Natural exploration-exploitation balance: The walk recommends not just direct neighbors (related items to already-purchased products = exploitation) but also items 2+ hops away (= exploration), producing collaborative-filtering-like effects
Cold start handling: Even new items can be recommended if they're indirectly connected to other items in the graph

Pixie (Pinterest's recommendation engine) performs biased random walks on a graph of billions of nodes to deliver real-time personalized recommendations.

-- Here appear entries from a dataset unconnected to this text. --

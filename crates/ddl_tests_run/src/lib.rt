//! Tests of what runs: `ddl_outside`, `ddl_names`, `ddl_groups`, `ddl_modules`, `ddl_front`, `ddl_simple` and `ddl_top`.
#![tactic(auto)]

#[cfg(test)]
mod front;
#[cfg(test)]
mod groups;
#[cfg(test)]
mod modules;
#[cfg(test)]
mod names;
#[cfg(test)]
mod outside;
#[cfg(test)]
mod simple;
#[cfg(test)]
mod top;
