//! The variables of a group's types, and its types for all types of these.
#![tactic(auto)]

mod found;
mod laws;
mod numbering;
mod reading;
mod sharing;
mod walk;

pub use laws::numbering_law;
pub use numbering::Numbering;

Connection to Graph Neural Networks

Recent Graph Neural Networks (GNNs) also have deep ties to random walks:

DeepWalk (2014): Performs random walks on graphs, treats the node visit sequences as "sentences," and trains them with Word2Vec's SkipGram. Co-occurrence in random walk sequences captures node similarity
Node2Vec (2016): Extends DeepWalk by introducing bias parameters $p, q$ that control the trade-off between BFS-like exploration (capturing local structure) and DFS-like exploration (capturing community structure)
GCN (Graph Convolutional Network): The graph convolution is mathematically equivalent to polynomial filters (Chebyshev polynomial approximation) of the random walk transition matrix. In other words, each GCN layer can be interpreted as performing random-walk-like information diffusion

Summary — From a Single Line to the Structure of the World

Let's review what we covered:

1D Random Walk: Expected value 0, variance $n$ , $\sqrt{n}$ diffusion. Recurrent in 1D and 2D, transient in 3D+ (Polya's theorem). The curious phenomenon of null recurrence
Random Walks on Graphs: Formulated as Markov chains. Visit frequency converges to the stationary distribution $\pi_i = \deg(i) / 2|E|$ , proven via detailed balance. Mixing time governed by the spectral gap
PageRank: Computes web page importance as the stationary distribution of a damped random walk. Efficiently computed via power iteration, with convergence guaranteed by Perron-Frobenius
Broader Applications: Monte Carlo, MCMC, graph clustering, recommendation systems, GNNs

The drunkard's simple stagger connects to the core algorithm behind web search engines and cutting-edge graph neural networks. The recurrence and diffusion properties discovered on the simplest structure — the number line — support the foundations of modern information technology via graph theory.